In order to separate the secondary proteose from the primary bodies in the absence of peptones, the fluid is neutralized as nearly as possible, and then, after suitable concentration, is saturated with sodium chloride for the partial precipitation of the primary proteoses. To the clear filtrate, acetic acid[117] is added drop by drop as long as a precipitate results, the latter being composed of a mixture of protoproteose and deutero­proteose. That is to say, protoproteoses are not completely precipitated from neutral solutions by saturation with salt alone; a little acid is required to complete it, but this tends to bring down a certain amount of deutero­proteose. From this filtrate, however, the deutero-body can be separated in a pure form by dialyzing away the salt and acid, and then concentrating the fluid and precipitating with alcohol. When the proteoses are mixed with peptones, the former must first be separated collectively by saturation of the fluid with ammonium sulphate.

Peptones are especially characterized by non-precipitation with the ordinary precipitants for proteid bodies, and especially by the fact that they are wholly indifferent to saturation with ammonium sulphate either in neutral, acid, or alkaline fluids. This reaction, which constitutes the main, and perhaps the only absolute method of separating peptones from proteoses must be carried out with great thoroughness in order to insure a complete precipitation of deutero­proteose. The latter stands midway between primary proteoses and peptones in many respects, and seems to share with peptones something of a tendency to resist precipitation by the ammonium salt.
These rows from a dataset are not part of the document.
//! Spans of whole days.

ghost use Rattle.std.specs.Prelude.{◌≡◌, pos, min};

use std::marker::Model;

/// A number of calendar days, by which a date can be moved.
///
/// Contracts see it as that number.
#[derive(Clone, Copy, PartialEq, Eq, PartialOrd, Ord, Hash, Debug)]
pub struct Days {
    count: u64,
}

impl Model for Days {
    ghost use Rattle.std.specs.Prelude.{ℕ};

    ghost Value = { ℕ };

    ghost view = { λ d. d.count };

    ghost inverse = { λ n. record { count = n } };
}

impl Days {
    /// Returns a move of `count` days.
    ///
    /// ```
    /// NaiveDate::from_ymd_opt(2024, 2, 28)?.checked_add_days(Days::new(2)) // Some(2024-03-01)
    /// ```
    #[inline]
    pub fn new(count: u64) -> Days
        ensures { result ≡ count }
    {
        Days { count }
    }

    // The number of days, or of those that a signed number counts if they are more: past them no two dates are apart.
    #[inline]
    pub(crate) fn clipped(self) -> i64
        ensures { result ≡ pos (min self 9_223_372_036_854_775_807) }
    {
        i64::try_from(self.count).unwrap_or(i64::MAX)
    }
}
Indeed, as Kühne[118] has recently pointed out, the last traces of deutero­proteose can be precipitated from the fluid only by long continued boiling of the ammonium sulphate-saturated fluid, and even then it is seldom complete unless the reaction of the fluid is alternately made neutral, acid, and alkaline, and the heating continued for some time after each change in reaction. Under such circumstances, the last portions of deutero­proteose separate from the salt-saturated fluid and float on the surface in the form of an oily or gummy mass, while the true peptone remains in the fluid absolutely non-precipitable by the salt.
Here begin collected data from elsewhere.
//! `Datelike`: the fields of every type that holds a date.
ghost use Rattle.std.specs.Prelude.{◌≡◌, ◌↔◌, ℤ, ◌+◌, ◌≤◌, ◌<◌, List, Some, IsSome, IfSome};
ghost use Rattle.std.specs.Int.{IsInRange};
ghost use Rattle.std.specs.Option.{option_map};
ghost use Rattle.chrono_units.specs.Years.{IsYear, month_length, year_length};
ghost use Rattle.chrono_calendar.specs.Days.{IsDate, IsOrdinalName, IsCalendarName, date_of_day, date_of_yo, date_of_ymd, year_of, ordinal_of, month_of, day_of};
ghost use Rattle.chrono_calendar.specs.Weeks.{date_of_iso, iso_week_of, iso_year_of, weekday_of};
ghost use Rattle.chrono_calendar.specs.MonthMoves.{month_length_of};
ghost use Rattle.chrono_naive.specs.Fields.{is_common_era, iso_year_and_week_of, quarter_of_month, year_of_era};

use crate::iso_week::IsoWeek;
use crate::naive_date::NaiveDate;
use chrono_units::{Month, Weekday};

/// The fields of a date, for every type that holds a date.
///
/// A contract sees such a value as the day number of its date, in which 1 January of year 1 is 1. It sees the
/// rest as a list of whole numbers. A `with_` function replaces one field of the date and keeps the rest.
///
/// Names that end in `0` count from 0.
///
/// ```
/// let date = NaiveDate::from_ymd_opt(2024, 2, 29)?;
/// (date.year(), date.month(), date.day()) // (2024, 2, 29)
/// (date.month0(), date.day0(), date.ordinal()) // (1, 28, 60)
/// ```
pub trait Datelike: Sized {
    // The day number of the date.
    ghost number: { Self → ℤ };

    // What the value holds besides its date.
    ghost rest: { Self → List ℤ };

    /// Returns the year, from -262,143 to 262,142. Year 0 is the year before year 1.
    ///
    /// ```
    /// NaiveDate::from_ymd_opt(2024, 2, 29)?.year() // 2024
    /// ```
    fn year(&self) -> i32
        ensures value { result ≡ year_of (number self.now) }
        ensures in_range { IsYear result };

    /// Returns whether the year is in the common era, and the year counted within its era.
    ///
    /// Year 1 is the first year of the common era. Year 0 is the first year before it.
    ///
    /// ```
    /// NaiveDate::from_ymd_opt(2024, 2, 29)?.year_ce() // (true, 2024)
    /// NaiveDate::from_ymd_opt(0, 2, 29)?.year_ce() // (false, 1)
    /// ```
    #[inline]
    fn year_ce(&self) -> (bool, u32)
        ensures era { result.0 ≡ is_common_era (year_of (number self.now)) }
        ensures year { result.1 ≡ year_of_era (year_of (number self.now)) }
    {
        let year = self.year();
        if year < 1 {
            (false, (1 - year) as u32)
        } else {
            (true, year as u32)
        }
    }

    /// Returns the quarter of the year, from 1 for January to March, to 4.
    ///
    /// ```
    /// NaiveDate::from_ymd_opt(2024, 4, 1)?.quarter() // 2
    /// ```
    #[inline]
    fn quarter(&self) -> u32
        ensures value { result ≡ quarter_of_month (month_of (number self.now)) }
        ensures in_range { IsInRange 1 4 result }
    {
        self.month0() / 3 + 1
    }

    /// Returns the month, from 1 for January to 12.
    ///
    /// ```
    /// NaiveDate::from_ymd_opt(2024, 2, 29)?.month() // 2
    /// ```
    fn month(&self) -> u32
        ensures value { result ≡ month_of (number self.now) }
        ensures in_range { IsInRange 1 12 result };

    /// Returns the month counted from 0, from 0 for January to 11.
    ///
    /// ```
    /// NaiveDate::from_ymd_opt(2024, 2, 29)?.month0() // 1
    /// ```
    fn month0(&self) -> u32
        ensures value { result + 1 ≡ month_of (number self.now) }
        ensures in_range { IsInRange 0 11 result };

    /// Returns the day of the month, from 1 to 31.
    ///
    /// ```
    /// NaiveDate::from_ymd_opt(2024, 2, 29)?.day() // 29
    /// ```
    fn day(&self) -> u32
        ensures value { result ≡ day_of (number self.now) }
        ensures exists { IsCalendarName (year_of (number self.now))
            (month_of (number self.now)) result }
        // The year, the month and the day name the date again.
        ensures names { date_of_ymd (year_of (number self.now)) (month_of (number self.now)) result
            ≡ Some (number self.now) };

    /// Returns the day of the month counted from 0, from 0 to 30.
    ///
    /// ```
    /// NaiveDate::from_ymd_opt(2024, 2, 29)?.day0() // 28
    /// ```
    fn day0(&self) -> u32
        ensures { result + 1 ≡ day_of (number self.now) };

    /// Returns the day of the year (ISO 8601 ordinal date), from 1 to 366.
    ///
    /// ```
    /// NaiveDate::from_ymd_opt(2024, 12, 31)?.ordinal() // 366
    /// ```
    fn ordinal(&self) -> u32
        ensures value { result ≡ ordinal_of (number self.now) }
        ensures exists { IsOrdinalName (year_of (number self.now)) result }
        // The year and the ordinal name the date again.
        ensures names { date_of_yo (year_of (number self.now)) result ≡ Some (number self.now) };

    /// Returns the day of the year counted from 0, from 0 to 365.
    ///
    /// ```
    /// NaiveDate::from_ymd_opt(2024, 12, 31)?.ordinal0() // 365
    /// ```
    fn ordinal0(&self) -> u32
        ensures { result + 1 ≡ ordinal_of (number self.now) };

    /// Returns the weekday.
    ///
    /// ```
    /// NaiveDate::from_ymd_opt(2024, 2, 29)?.weekday() // Thu
    /// ```
    fn weekday(&self) -> Weekday
        ensures value { result ≡ weekday_of (number self.now) }
        // The ISO year, the week and the weekday name the date again.
        ensures names { date_of_iso (iso_year_of (number self.now))
            (iso_week_of (number self.now)) result ≡ Some (number self.now) };

    /// Returns the ISO week (ISO 8601 week date). A week belongs to the year of its Thursday, so the ISO year
    /// may differ from the year.
    ///
    /// ```
    /// NaiveDate::from_ymd_opt(2024, 12, 30)?.iso_week() // 2025-W01
    /// ```
    fn iso_week(&self) -> IsoWeek
        ensures { result ≡ iso_year_and_week_of (number self.now) };

    /// Returns the same month and day in `year`.
    ///
    /// Returns `None` if that date does not exist: 29 February in a common year, or a year out of range.
    ///
    /// ```
    /// NaiveDate::from_ymd_opt(2024, 2, 29)?.with_year(2028) // Some(2028-02-29)
    /// NaiveDate::from_ymd_opt(2024, 2, 29)?.with_year(2025) // None
    /// ```
    fn with_year(&self, year: i32) -> Option<Self>
        ensures date { option_map number result
            ≡ date_of_ymd year (month_of (number self.now)) (day_of (number self.now)) }
        ensures exists { IsSome result
            ↔ (IsYear year × (day_of (number self.now) ≤ month_length year (month_of (number self.now)))) }
        ensures year { IfSome result (λ d. year_of (number d) ≡ year) }
        ensures month { IfSome result (λ d. month_of (number d) ≡ month_of (number self.now)) }
        ensures day { IfSome result (λ d. day_of (number d) ≡ day_of (number self.now)) }
        ensures kept { IfSome result (λ d. rest d ≡ rest self.now) };

    /// Returns the same day of `month` in the same year. January is 1.
    ///
    /// Returns `None` if that date does not exist, for example the 31st of April.
    ///
    /// ```
    /// NaiveDate::from_ymd_opt(2024, 1, 31)?.with_month(3) // Some(2024-03-31)
    /// NaiveDate::from_ymd_opt(2024, 1, 31)?.with_month(4) // None
    /// ```
    fn with_month(&self, month: u32) -> Option<Self>
        ensures date { option_map number result
            ≡ date_of_ymd (year_of (number self.now)) month (day_of (number self.now)) }
        ensures exists { IsSome result
            ↔ (IsInRange 1 12 month × (day_of (number self.now) ≤ month_length (year_of (number self.now)) month)) }
        ensures year { IfSome result (λ d. year_of (number d) ≡ year_of (number self.now)) }
        ensures month { IfSome result (λ d. month_of (number d) ≡ month) }
        ensures day { IfSome result (λ d. day_of (number d) ≡ day_of (number self.now)) }
        ensures kept { IfSome result (λ d. rest d ≡ rest self.now) };

    /// Returns the same day of the month `month0` in the same year. January is 0.
    ///
    /// Returns `None` if that date does not exist.
    ///
    /// ```
    /// NaiveDate::from_ymd_opt(2024, 1, 31)?.with_month0(2) // Some(2024-03-31)
    /// NaiveDate::from_ymd_opt(2024, 1, 31)?.with_month0(3) // None
    /// ```
    fn with_month0(&self, month0: u32) -> Option<Self>
        ensures date { option_map number result
            ≡ date_of_ymd (year_of (number self.now)) (month0 + 1) (day_of (number self.now)) }
        ensures exists { IsSome result
            ↔ ((month0 < 12) × (day_of (number self.now) ≤ month_length (year_of (number self.now)) (month0 + 1))) }
        ensures year { IfSome result (λ d. year_of (number d) ≡ year_of (number self.now)) }
        ensures month { IfSome result (λ d. month_of (number d) ≡ month0 + 1) }
        ensures day { IfSome result (λ d. day_of (number d) ≡ day_of (number self.now)) }
        ensures kept { IfSome result (λ d. rest d ≡ rest self.now) };

    /// Returns the day `day` of the same month. The first day is 1.
    ///
    /// Returns `None` if the month has no such day.
    ///
    /// ```
    /// NaiveDate::from_ymd_opt(2024, 2, 1)?.with_day(29) // Some(2024-02-29)
    /// NaiveDate::from_ymd_opt(2024, 2, 1)?.with_day(30) // None
    /// ```
    fn with_day(&self, day: u32) -> Option<Self>
        ensures date { option_map number result
            ≡ date_of_ymd (year_of (number self.now)) (month_of (number self.now)) day }
        ensures exists { IsSome result ↔ IsInRange 1 (month_length_of (number self.now)) day }
        ensures year { IfSome result (λ d. year_of (number d) ≡ year_of (number self.now)) }
        ensures month { IfSome result (λ d. month_of (number d) ≡ month_of (number self.now)) }
        ensures day { IfSome result (λ d. day_of (number d) ≡ day) }
        ensures kept { IfSome result (λ d. rest d ≡ rest self.now) };

    /// Returns the day `day0` of the same month. The first day is 0.
    ///
    /// Returns `None` if the month has no such day.
    ///
    /// ```
    /// NaiveDate::from_ymd_opt(2024, 2, 1)?.with_day0(28) // Some(2024-02-29)
    /// NaiveDate::from_ymd_opt(2024, 2, 1)?.with_day0(29) // None
    /// ```
    fn with_day0(&self, day0: u32) -> Option<Self>
        ensures date { option_map number result
            ≡ date_of_ymd (year_of (number self.now)) (month_of (number self.now)) (day0 + 1) }
        ensures exists { IsSome result ↔ (day0 < month_length_of (number self.now)) }
        ensures year { IfSome result (λ d. year_of (number d) ≡ year_of (number self.now)) }
        ensures month { IfSome result (λ d. month_of (number d) ≡ month_of (number self.now)) }
        ensures day { IfSome result (λ d. day_of (number d) ≡ day0 + 1) }
        ensures kept { IfSome result (λ d. rest d ≡ rest self.now) };

    /// Returns the day `ordinal` of the same year. 1 January is 1.
    ///
    /// Returns `None` if the year has no such day.
    ///
    /// ```
    /// NaiveDate::from_ymd_opt(2023, 1, 1)?.with_ordinal(60) // Some(2023-03-01)
    /// NaiveDate::from_ymd_opt(2023, 1, 1)?.with_ordinal(366) // None
    /// ```
    fn with_ordinal(&self, ordinal: u32) -> Option<Self>
        ensures date { option_map number result ≡ date_of_yo (year_of (number self.now)) ordinal }
        ensures exists { IsSome result ↔ IsOrdinalName (year_of (number self.now)) ordinal }
        ensures year { IfSome result (λ d. year_of (number d) ≡ year_of (number self.now)) }
        ensures ordinal { IfSome result (λ d. ordinal_of (number d) ≡ ordinal) }
        ensures kept { IfSome result (λ d. rest d ≡ rest self.now) };

    /// Returns the day `ordinal0` of the same year. 1 January is 0.
    ///
    /// Returns `None` if the year has no such day.
    ///
    /// ```
    /// NaiveDate::from_ymd_opt(2023, 1, 1)?.with_ordinal0(59) // Some(2023-03-01)
    /// NaiveDate::from_ymd_opt(2023, 1, 1)?.with_ordinal0(365) // None
    /// ```
    fn with_ordinal0(&self, ordinal0: u32) -> Option<Self>
        ensures date { option_map number result
            ≡ date_of_yo (year_of (number self.now)) (ordinal0 + 1) }
        ensures exists { IsSome result ↔ (ordinal0 < year_length (year_of (number self.now))) }
        ensures year { IfSome result (λ d. year_of (number d) ≡ year_of (number self.now)) }
        ensures ordinal { IfSome result (λ d. ordinal_of (number d) ≡ ordinal0 + 1) }
        ensures kept { IfSome result (λ d. rest d ≡ rest self.now) };

    /// Returns the day number, in which 1 January of year 1 is 1 and the day before it is 0.
    ///
    /// ```
    /// NaiveDate::from_ymd_opt(1970, 1, 1)?.num_days_from_ce() // 719163
    /// ```
    #[inline]
    fn num_days_from_ce(&self) -> i32
        ensures value { result ≡ number self.now }
        ensures in_range { IsDate result }
        // The number names the date again.
        ensures names { date_of_day result ≡ Some (number self.now) }
    {
        NaiveDate::from_yo_opt(self.year(), self.ordinal())
            .unwrap()
            .day_number()
    }

    /// Returns the number of days in the month of the date, from 28 to 31.
    ///
    /// ```
    /// NaiveDate::from_ymd_opt(2024, 2, 1)?.num_days_in_month() // 29
    /// ```
    #[inline]
    fn num_days_in_month(&self) -> u8
        ensures { result ≡ month_length (year_of (number self.now)) (month_of (number self.now)) }
    {
        Month::from_u32(self.month())
            .unwrap()
            .num_days(self.year())
            .unwrap()
    }
}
In this filtrate, peptone can be detected by adding to a small portion of the fluid a very large excess of a strong solution of potassium hydroxide, followed by the addition of a few drops of a very dilute solution of cupric sulphate. If peptone is present a bright red color will appear, the intensity of which, with the proper amount of cupric sulphate, will be proportional to the amount of peptone present. If it is desired to separate the peptone from the ammonium-sulphate-saturated fluid, there are several methods available, of which the following is perhaps the most satisfactory: The fluid is concentrated somewhat, and set aside in a cool place for crystal­liza­tion of a portion of the ammonium salt. The fluid is then mixed with about one-fifth its volume of alcohol, and allowed to stand for some time, when it separates into two layers—an upper one, rich in alcohol, and a lower one, rich in salts. The latter is again treated with alcohol, by which another separation of the same order is accomplished. Finally, the lighter alcoholic layers containing the peptone are united, and exposed to a low temperature until considerable of the contained salt crystallizes out. The fluid is then concentrated, and after addition of a little water is boiled with barium carbonate until the fluid is entirely free from ammonium sulphate. Any excess of baryta in the filtrate is removed by cautious addition of dilute sulphuric acid, after which the concentrated fluid, reduced almost to a sirupy mass, is poured into absolute alcohol for precipitation of the peptone.

So separated, the peptone formed in gastric digestion is exceedingly gummy, but can be transformed into a yellowish powder, very hygroscopic, of more or less bitter taste, and, when thoroughly dry, dissolving in water with a hissing sound and with considerable development of heat, like phosphoric anhydride.[119]